--- RECORDS PROVIDED Enclosed Below ---
/// Writes the sweep that these values ask for.
fn answer_sweep<S: Sink>(alloc: Global, values: &[Value], sink: &mut S) -> Status
    requires { Takes Command.Sweep (map reading_of values.now) }
    ensures { Answered Command.Sweep (map reading_of values.now) (S.written sink.old) (S.written sink.new) (S.faults sink.old) (S.faults sink.new) result }
{
    match values {
        [Value::Extension(extension), Value::Sheet(sheet)] => {
            sweep_extension(alloc, extension, sheet, sink)
        }
        _ => unreachable!(),
    }
}

/// Writes what is due of the values of a command, but of those that run with an extension.
fn answer_read<S: Sink>(alloc: Global, command: Command, values: &[Value], sink: &mut S) -> Status
    requires reads { command ≢ Command.RunExtension }
    requires draws_nothing { command ≢ Command.Bench }
    requires shows_no_ports { command ≢ Command.Wave }
    requires has_no_line { command ≢ Command.RunInterrupted }
    requires judges_nothing { command ≢ Command.Audit }
    requires takes_no_turns { command ≢ Command.Barrel }
    requires takes { Takes command (map reading_of values.now) }
    ensures { Answered command (map reading_of values.now) (S.written sink.old) (S.written sink.new) (S.faults sink.old) (S.faults sink.new) result }
{
    match (command, values) {
        (Command::RunImage, _) => answer_image(alloc, values, sink),
        (Command::Check, [Value::Extension(extension)]) => list_extension(alloc, extension, sink),
        (Command::Certify, [Value::Report]) => finish(sink, Status::Ok, b"yes\n"),
        (Command::Seq, _) => answer_seq(alloc, values, sink),
        (Command::Schedule, _) => answer_schedule(alloc, values, sink),
        (Command::Build, _) => answer_build(alloc, values, sink),
        (Command::Sweep, _) => answer_sweep(alloc, values, sink),
        (Command::Assemble, [Value::Extension(extension), Value::Source(source)]) => {
            assemble_source(alloc, extension, source, sink)
        }
        _ => unreachable!(),
    }
}

/// Writes what is due of the values of a command.
fn answer<S: Sink>(alloc: Global, command: Command, values: Vec<Value>, sink: &mut S) -> Status
    requires { Takes command (map reading_of values.items) }
    ensures { Answered command (map reading_of values.items) (S.written sink.old) (S.written sink.new) (S.faults sink.old) (S.faults sink.new) result }
{
    match command {
        Command::RunExtension => answer_run(alloc, RunForm::Rows, values, sink),
        Command::RunInterrupted => answer_run(alloc, RunForm::Interrupted, values, sink),
        Command::Wave => answer_run(alloc, RunForm::Ports, values, sink),
        Command::Bench => answer_bench(alloc, values, sink),
        Command::Audit => answer_audit(alloc, values, sink),
        Command::Barrel => answer_barrel(alloc, values, sink),
        _ => answer_read(alloc, command, values.as_slice(), sink),
    }
}

/// What the tool does on these words, in one relation.
fn run_words<F: Shelf, S: Sink>(
    alloc: Global,
    words: &[String],
    shelf: &mut F,
    sink: &mut S,
) -> Status
    ensures { Outcome (F.files shelf.old) (RoseIn (F.faults shelf.old) (F.faults shelf.new)) (bytes_of words.now) (S.written sink.old) (S.written sink.new) (S.faults sink.old) (S.faults sink.new) result }
{
    let Some(command) = command_of(words) else {
        return finish(sink, Status::Usage, b"refused Usage\n");
    };
    match read_words(alloc, command.slots(), &words[1..], shelf) {
        Ok(values) => answer(alloc, command, values, sink),
        Err(Refusal::Line(status, line)) => finish(sink, status, line.as_bytes()),
        Err(Refusal::Memory) => Status::Memory,
    }
}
--- End of Enclosed RECORDS PROVIDED ---
_WHAT YOU SHOULD DO:_ Could you repeat all of the material above exactly?

_YOUR RESPONSE:_
/// Writes the sweep that these values ask for.
fn answer_sweep<S: Sink>(alloc: Global, values: &[Value], sink: &mut S) -> Status
    requires { Takes Command.Sweep (map reading_of values.now) }
    ensures { Answered Command.Sweep (map reading_of values.now) (S.written sink.old) (S.written sink.new) (S.faults sink.old) (S.faults sink.new) result }
{
    match values {
        [Value::Extension(extension), Value::Sheet(sheet)] => {
            sweep_extension(alloc, extension, sheet, sink)
        }
        _ => unreachable!(),
    }
}

/// Writes what is due of the values of a command, but of those that run with an extension.
fn answer_read<S: Sink>(alloc: Global, command: Command, values: &[Value], sink: &mut S) -> Status
    requires reads { command ≢ Command.RunExtension }
    requires draws_nothing { command ≢ Command.Bench }
    requires shows_no_ports { command ≢ Command.Wave }
    requires has_no_line { command ≢ Command.RunInterrupted }
    requires judges_nothing { command ≢ Command.Audit }
    requires takes_no_turns { command ≢ Command.Barrel }
    requires takes { Takes command (map reading_of values.now) }
    ensures { Answered command (map reading_of values.now) (S.written sink.old) (S.written sink.new) (S.faults sink.old) (S.faults sink.new) result }
{
    match (command, values) {
        (Command::RunImage, _) => answer_image(alloc, values, sink),
        (Command::Check, [Value::Extension(extension)]) => list_extension(alloc, extension, sink),
        (Command::Certify, [Value::Report]) => finish(sink, Status::Ok, b"yes\n"),
        (Command::Seq, _) => answer_seq(alloc, values, sink),
        (Command::Schedule, _) => answer_schedule(alloc, values, sink),
        (Command::Build, _) => answer_build(alloc, values, sink),
        (Command::Sweep, _) => answer_sweep(alloc, values, sink),
        (Command::Assemble, [Value::Extension(extension), Value::Source(source)]) => {
            assemble_source(alloc, extension, source, sink)
        }
        _ => unreachable!(),
    }
}

/// Writes what is due of the values of a command.
fn answer<S: Sink>(alloc: Global, command: Command, values: Vec<Value>, sink: &mut S) -> Status
    requires { Takes command (map reading_of values.items) }
    ensures { Answered command (map reading_of values.items) (S.written sink.old) (S.written sink.new) (S.faults sink.old) (S.faults sink.new) result }
{
    match command {
        Command::RunExtension => answer_run(alloc, RunForm::Rows, values, sink),
        Command::RunInterrupted => answer_run(alloc, RunForm::Interrupted, values, sink),
        Command::Wave => answer_run(alloc, RunForm::Ports, values, sink),
        Command::Bench => answer_bench(alloc, values, sink),
        Command::Audit => answer_audit(alloc, values, sink),
        Command::Barrel => answer_barrel(alloc, values, sink),
        _ => answer_read(alloc, command, values.as_slice(), sink),
    }
}

/// What the tool does on these words, in one relation.
fn run_words<F: Shelf, S: Sink>(
    alloc: Global,
    words: &[String],
    shelf: &mut F,
    sink: &mut S,
) -> Status
    ensures { Outcome (F.files shelf.old) (RoseIn (F.faults shelf.old) (F.faults shelf.new)) (bytes_of words.now) (S.written sink.old) (S.written sink.new) (S.faults sink.old) (S.faults sink.new) result }
{
    let Some(command) = command_of(words) else {
        return finish(sink, Status::Usage, b"refused Usage\n");
    };
    match read_words(alloc, command.slots(), &words[1..], shelf) {
        Ok(values) => answer(alloc, command, values, sink),
        Err(Refusal::Line(status, line)) => finish(sink, status, line.as_bytes()),
        Err(Refusal::Memory) => Status::Memory,
    }
}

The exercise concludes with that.